Provide only the number of lines below in which the string "place" occurs.

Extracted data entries
=== Begin Enclosure ===

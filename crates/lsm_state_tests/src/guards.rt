// What a guard hands out.
use crate::samples::bytes;
use lsm_state::{Error, Guard, IterGuard, UserKey, UserValue};

/// What a guard is asked for.
enum Ask {
    Key,
    Size,
    Pair,
    /// The value only of keys of this length.
    PairIf(usize),
}

/// What it hands out: a key, a value and a size, as far as each is.
type Given = (Option<UserKey>, Option<UserValue>, Option<u32>);

fn whole(guard: Guard) -> Result<Given, Error> {
    let (key, value) = guard.into_inner()?;
    Ok((Some(key), Some(value), None))
}

fn of_length(guard: Guard, len: usize) -> Result<Given, Error> {
    let (key, value) = guard.into_inner_if(|key| key.len() == len)?;
    Ok((Some(key), value, None))
}

fn given(guard: Guard, ask: &Ask) -> Result<Given, Error> {
    match ask {
        Ask::Key => Ok((Some(guard.key()?), None, None)),
        Ask::Size => Ok((None, None, Some(guard.size()?))),
        Ask::Pair => whole(guard),
        Ask::PairIf(len) => of_length(guard, *len),
    }
}

/// What is asked of a guard of the pair a = xyz, and the key, the value and the size that it hands out.
const GIVEN: [(Ask, Option<&str>, Option<&str>, Option<u32>); 5] = [
    (Ask::Key, Some("a"), None, None),
    (Ask::Size, None, None, Some(3)),
    (Ask::Pair, Some("a"), Some("xyz"), None),
    (Ask::PairIf(1), Some("a"), Some("xyz"), None),
    (Ask::PairIf(0), Some("a"), None, None),
];

fn is(found: Option<UserKey>, want: Option<&str>) -> bool {
    match (found, want) {
        (Some(found), Some(text)) => found.as_slice() == text.as_bytes(),
        (None, None) => true,
        _ => false,
    }
}

fn hands_out(row: &(Ask, Option<&str>, Option<&str>, Option<u32>)) -> bool {
    match given(Guard::new(Ok((bytes("a"), bytes("xyz")))), &row.0) {
        Ok((key, value, size)) => is(key, row.1) && is(value, row.2) && size == row.3,
        Err(_) => false,
    }
}

/// Whether a guard without a pair says why.
fn says_why(ask: &Ask) -> bool {
    matches!(
        given(Guard::new(Err(Error::OutOfMemory)), ask),
        Err(Error::OutOfMemory)
    )
}

#[test]
fn a_guard_hands_out_what_is_wanted(rt: HostRuntime) {
    for (place, row) in GIVEN.iter().enumerate() {
        assert!(rt; hands_out(row) && says_why(&row.0), "row {place}");
    }
}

=== End Enclosure ===

_TASK RESULT:_ 2